5. Are you distracted?

Once we transition from hormonal teenager to productive adult, our sex drive and our priorities make a mad dash in opposite directions. Remember back when sex was a distraction from the other areas of your life? Unfortunately, that’s usually not the case when you’re an adult. If you’re thinking about work, or your body image, or what you’re going to make for lunch tomorrow, you’re probably not going to orgasm. Try to clear your mind with a warm bath, a sensual massage, or a quick jog. If you’ve got the television on, turn it off – or switch it to music. Right now, your focus should be on each other – not on the problems of the day.


6. Are you at risk of being interrupted?

Unless you and your partner live alone, without any pets, or phones, or neighbors… You’ve always got some risk of being interrupted, but if the risk is so high that it’s keeping your attention other places, you should address the issues before trying to get intimate. Lock the door, close the curtains, and silence your cell phone. If you have pets, put them in the other room. You need to allow yourself a sexual sanctuary – so create one!

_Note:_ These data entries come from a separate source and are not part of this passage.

//! The turns of a live part, and the blocks of its sessions.

use rep_calls::Statement;
use rep_lists::Items;
use rep_values::{ApplyError, Refusal, SiteName};

/// What a session is told of its block.
#[derive(Clone, Copy)]
pub enum Reply {
    /// The block is queued, under this number.
    Commit(u64),
    /// No row changed, and nothing is queued.
    Nothing,
    /// A statement is refused, and with it the whole block.
    Refused {
        /// The line of that statement.
        line: u32,
        /// Why it is refused.
        refusal: Refusal,
    },
}

/// One turn at a site.
#[derive(Clone, Copy)]
pub enum LiveTurn {
    /// What arrived at a position is applied.
    Applied {
        /// The site that sent it.
        origin: SiteName,
        /// The position in that site's stream.
        position: u64,
        /// The call that failed, from 1; 0 where none did.
        call: u32,
        /// Why that call failed. None where all is done.
        error: Option<ApplyError>,
    },
    /// A block of a session is committed, or refused.
    Committed {
        /// The session, from 1.
        session: u32,
        /// The block in its session, from 1.
        block: u32,
        /// What the session is told of it.
        reply: Reply,
    },
}

/// A block of a session.
#[derive(Drop)]
pub struct Block {
    /// The line of each statement.
    pub lines: Items<u32>,
    /// The statements in their order.
    pub statements: Items<Statement>,
}

/// One session of a live part.
#[derive(Drop)]
pub struct Session {
    /// Its blocks in their order.
    pub blocks: Items<Block>,
}
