//! Laws over runs of turns at one site. The functions are empty: their contracts are the laws.
ghost use Rattle.live_laws.specs.FullRuns.{FullRunsAreEquallyLong, FullRunsExist, FullRunsFinishTheSame, PartialRunsGoOn};
ghost use Rattle.live_laws.specs.Printed.{ListedTurnsAreKnown, PrintedTurnsAreKnown, TurnLinesTellSubjects};
ghost use Rattle.live_laws.specs.RisingNumbers.{EverySiteHasRisingNumbers};
ghost use Rattle.live_laws.specs.RunLaws.{EarlierIsAppliedFirst, LivePartsAreEvents, PositionsAreAppliedOnce, TurnsAreEvents, TurnsAreJournalled};

/// A run applies each position at most once (`once`). Of two positions of an origin that share a token, the earlier was finished
/// at the opening or is applied before the later one (`order`), where dependency numbers cover what shares a token, as they do at
/// every site. Of two origins nothing is said: there a position waits for its past, by what ready means.
pub fn positions_are_applied_in_order()
    ensures once { PositionsAreAppliedOnce }
    ensures order { EarlierIsAppliedFirst }
{}

/// What a run of origins that are masters adds to the journal is what its turns tell, turn by turn: a position is done or in
/// error, with the transaction that arrived; a block is queued under the number of its reply, with what it changes there. A
/// block that changes nothing or is refused adds no entry, so the journal alone doesn't tell where such a turn stands.
pub fn turns_are_journalled()
    ensures { TurnsAreJournalled }
{}

/// At a site at which a pass was begun, turns are events, which change that site and nothing else (`turns`); so is a whole live
/// part at any site, from the beginning of its pass on (`part`). It holds of every list of turns, runs or not: what a turn
/// asks of its moment isn't in it.
pub fn turns_are_events()
    ensures turns { TurnsAreEvents }
    ensures part { LivePartsAreEvents }
{}

/// From every site there is a full run, whatever the origins and sessions are (`exist`), and each partial run goes on to one
/// (`go_on`). There may be several: which of them comes about isn't said.
pub fn full_runs_exist()
    ensures exist { FullRunsExist }
    ensures go_on { PartialRunsGoOn }
{}

/// All full runs from one site finish the same positions (`same`) and have as many turns (`length`), where queue numbers rise
/// with positions; and so they do at every site after every list of events (`everywhere`). It isn't said that they leave the
/// same rows: what is done in one order may be in error in another.
pub fn full_runs_finish_the_same()
    ensures same { FullRunsFinishTheSame }
    ensures length { FullRunsAreEquallyLong }
    ensures everywhere { EverySiteHasRisingNumbers }
{}

/// From a site that is known, with queue numbers that rise, bytes that begin with the texts of a full run's turns tell which
/// turns these are, where each text tells its turn's position or block (`printed`). A list of such texts tells it of any run
/// and any numbers (`listed`). Lines that begin with the words of their turns tell it (`lines`). That a program's lines begin
/// so, and what it prints before and behind them, isn't said.
pub fn printed_turns_are_known()
    ensures printed { PrintedTurnsAreKnown }
    ensures listed { ListedTurnsAreKnown }
    ensures lines { TurnLinesTellSubjects }
{}
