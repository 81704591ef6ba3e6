//! Runs the statements of a block as one local transaction, all of it or nothing.
#![tactic(auto)]

mod base;
mod convergent;
mod filled;
mod held;
mod laws;
mod literals;
mod progress;
mod rows;
mod run;
mod sets;
mod statement;

pub use base::{fill_base_rows, put_base_row};
pub use laws::{sound_schemas_fill_freely, stamps_of_a_block_rise};
pub use run::run_local;
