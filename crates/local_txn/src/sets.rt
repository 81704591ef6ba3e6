//! What an update sets.
ghost use Rattle.std.specs.Prelude.{◌≡◌, ◌<◌, ◌≤◌, length, map, option_copied, true, pos, Some, IfOk, IfErr};
ghost use Rattle.std.specs.List.{position};
ghost use Rattle.std.specs.Ordering.{int_cmp};
ghost use Rattle.rep_values.specs.Order.{value_cmp};
ghost use Rattle.rep_schema.specs.Limits.{most_columns};
ghost use Rattle.rep_schema.specs.Shape.{AreDistinct};
ghost use Rattle.rep_schema.specs.Named.{is_column};
ghost use Rattle.rep_schema.specs.Kinds.{row_in_range};
ghost use Rattle.txn_effects.specs.Sets.{names_columns, takes_how, takes_set, value_after, value_by};
ghost use Rattle.txn_effects.specs.ByColumn.{set_at, takes_each, fills_some, row_by, where_in_range, row_where_in_range, AreSets, names_refusal};

use rep_calls::{How, Set};
use rep_schema::{Column, is_of_kind, value_in_range};
use rep_values::{Name, Refusal, Row, Value, compare_values};
use schema_names::{column_place, has_column};
use std::cmp::Ordering;
use std::marker::Model;

/// What is set of each column of a table. It is kept in place and takes no memory.
#[derive(Drop)]
pub(crate) struct SetsByColumn<'a> {
    sets: &'a [Set],
    cells: [Option<u8>; 32],
    len: usize,
}

impl<'a> Model for SetsByColumn<'a> {
    ghost use Rattle.std.specs.Prelude.{ℕ, ◌≤◌, List, Option, map, take};
    ghost use Rattle.rep_calls.specs.declared.statement.Set.{Set as SetValue};
    ghost use Rattle.txn_effects.specs.ByColumn.{set_of};

    ghost Value = { List (Option SetValue) };

    ghost view = { λ s. map (set_of s.sets.now) (take s.len s.cells) };

    ghost invariant = { λ s. s.len ≤ 32 };
}

/// The place of the column of a name, which is looked for at one place first.
fn place_near(columns: &[Column], name: &Name, near: usize) -> Option<usize>
    requires { AreDistinct (map (λ c. c.name) columns.now) }
    ensures { result ≡ position (is_column name.now) columns.now }
{
    if near < columns.len() && columns[near].name.is_same(name) {
        return Some(near);
    }
    column_place(columns, name)
}

/// Whether each set names a column.
fn names_columns(columns: &[Column], sets: &[Set]) -> bool
    ensures { result ≡ names_columns columns.now sets.now }
{
    sets.iter().all(|set| has_column(columns, &set.column))
}

/// Why more sets than a table has columns are refused: one names no column, or two name the same one.
fn many_refusal(columns: &[Column], sets: &[Set]) -> Refusal
    requires { length columns.now < length sets.now }
    ensures { names_refusal columns.now sets.now ≡ Some result }
{
    if names_columns(columns, sets) {
        Refusal::RowShape
    } else {
        Refusal::UnknownName
    }
}

impl<'a> SetsByColumn<'a> {
    /// What these sets set of each column. Else a name is unknown, or a column is named twice.
    pub(crate) fn of(columns: &[Column], sets: &'a [Set]) -> Result<SetsByColumn<'a>, Refusal>
        requires few { length columns.now ≤ most_columns }
        requires apart { AreDistinct (map (λ c. c.name) columns.now) }
        ensures ok { IfOk result (AreSets columns.now sets.now) }
        ensures err { IfErr result (λ why. names_refusal columns.now sets.now ≡ Some why) }
    {
        // A number has 8 bits, which keeps the cells small.
        if sets.len() > 32 {
            return Err(many_refusal(columns, sets));
        }
        let mut cells = [None; 32];
        let mut twice = false;
        // Sets are mostly in the order of the columns.
        let mut near = columns.len().saturating_sub(1);
        for i in (0..sets.len()).rev() {
            let set = &sets[i];
            let Some(place) = place_near(columns, &set.column, near) else {
                return Err(Refusal::UnknownName);
            };
            near = place.saturating_sub(1);
            twice = twice || cells[place].is_some();
            cells[place] = Some(i as u8);
        }
        if twice {
            return Err(Refusal::RowShape);
        }
        Ok(SetsByColumn {
            sets,
            cells,
            len: columns.len(),
        })
    }

    /// What is set of the column at a place.
    pub(crate) fn at(&self, place: usize) -> Option<&'a Set>
        ensures { option_copied result ≡ set_at self.now place }
    {
        if place >= self.len {
            return None;
        }
        match self.cells[place] {
            Some(number) => self.sets.get(number as usize),
            None => None,
        }
    }
}

fn takes_how(column: &Column, how: &How) -> bool
    ensures { result ≡ takes_how column.now how.now }
{
    match how {
        How::To(literal) => is_of_kind(column.kind, literal),
        How::Add(_) => column.kind.takes_amounts(),
    }
}

fn takes_set(column: &Column, set: Option<&Set>) -> bool
    ensures { result ≡ takes_set column.now (option_copied set.entry) }
{
    match set {
        None => true,
        Some(set) => !column.key && takes_how(column, &set.how),
    }
}

/// Whether each column takes what is set of it.
pub(crate) fn takes_each(columns: &[Column], sets: &SetsByColumn) -> bool
    ensures { result ≡ takes_each columns.now sets.now }
{
    for i in 0..columns.len() {
        if !takes_set(&columns[i], sets.at(i)) {
            return false;
        }
    }
    true
}

/// Whether something is set of a column that the site fills.
pub(crate) fn fills_some(columns: &[Column], sets: &SetsByColumn) -> bool
    ensures { result ≡ fills_some columns.now sets.now }
{
    for i in 0..columns.len() {
        if columns[i].is_filled() && sets.at(i).is_some() {
            return true;
        }
    }
    false
}

fn where_in_range(value: Value) -> Option<Value>
    ensures { result ≡ where_in_range value }
{
    if value_in_range(&value) {
        Some(value)
    } else {
        None
    }
}

/// A value after what is done to it; None where a number leaves its range.
fn value_after(how: &How, old: &Value) -> Option<Value>
    ensures { result ≡ where_in_range (value_after how.now old.now) }
{
    match (how, old) {
        (How::To(literal), Value::Num(_) | Value::Words(_)) => where_in_range(literal.value()),
        (How::Add(amount), Value::Num(number)) => {
            where_in_range(Value::Num(number.checked_add(*amount)?))
        }
        (How::Add(_), Value::Words(_)) => Some(*old),
    }
}

/// The row with what is set of its columns; None where a number leaves its range.
pub(crate) fn set_row(sets: &SetsByColumn, row: Row) -> Option<Row>
    requires { row_in_range row ≡ true }
    ensures { result ≡ row_where_in_range (row_by sets.now row) }
{
    let mut row = row;
    for i in 0..row.values().len() {
        if let Some(set) = sets.at(i) {
            let value = value_after(&set.how, &row.values()[i])?;
            row.set(i, value);
        }
    }
    Some(row)
}

/// How a number stands to another one plus it.
fn order_of_amount(amount: i64) -> Ordering
    ensures { result ≡ int_cmp amount (pos 0) }
{
    amount.cmp(&0)
}

/// How a value after what is set of it stands to the value before.
pub(crate) fn order_after(set: Option<&Set>, old: &Value) -> Ordering
    ensures { result ≡ value_cmp (value_by (option_copied set.entry) old.now) old.now }
{
    match set {
        None => Ordering::Equal,
        Some(set) => order_of(&set.how, old),
    }
}

fn order_of(how: &How, old: &Value) -> Ordering
    ensures { result ≡ value_cmp (value_after how.now old.now) old.now }
{
    match (how, old) {
        (How::To(literal), Value::Num(_) | Value::Words(_)) => {
            compare_values(&literal.value(), old)
        }
        (How::Add(amount), Value::Num(_)) => order_of_amount(*amount),
        (How::Add(_), Value::Words(_)) => Ordering::Equal,
    }
}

7. Are you stressed out or anxious?

Yet another cruel joke our bodies play on us, the chemicals and hormones produced in the brain during an orgasm are pretty much an immediate stress-and-anxiety buster. The only problem is that, for most women, stress and anxiety make orgasm pretty much impossible. Thankfully, if you practice some of those not-quite-as-effective stress-relieving techniques before you dive in between the sheets, it’s a little easier to get the process started, making it that much more likely that you’ll be able to finish.


8. Are you dehydrated?

Believe it or not, dehydration could be causing a number of problems in your life – even if you don’t really feel thirsty. Since the human body is made up almost entirely of water, staying hydrated is essential. Try keeping a bottle of water or Gatorade on your night stand to refuel before, during, and after, as necessary. Sex tends to be a particularly wet activity, and if you’re not producing enough moisture, it can seriously impact your ability to climax.


9. Are you having trouble breathing?

When you feel yourself start getting close, it’s normal to hold your breath, cover your face, or simply focus on what’s going on and totally forget to breathe. It’s not exactly ideal, though, because oxygen is literally just as important to your body as water – and you really aren’t going to be able to climax without breathing. Make sure you can breathe comfortably, and try to take yoga breaths as much as possible. It’ll help keep you in the moment and make sure you don’t pass out – it’s a win-win!


10. Are you in an unhealthy relationship?

Finally, there is a very unfortunate possibility that your relationship is why you can’t orgasm. If you or your partner is feeling guilt, shame, or jealousy surrounding your relationship, your conscious brain is going to try to keep your unconscious brain from releasing those bonding chemicals. Its easiest way to do that is to block you from having an orgasm – so that’s what it does.

Sadly, some of us choose to stay in relationships that we know are unhealthy, just because the sex is so good. But, over time, the sex isn’t as good, because somewhere in your mind, you know that your partner is wrong for you. Your brain is battling it out and trying to make you not want to have sex with this person anymore. The only solution in this scenario is to consciously choose not to have sex with people who aren’t good to you – and that can be a really, really difficult choice to make. Trust me, though – you deserve it!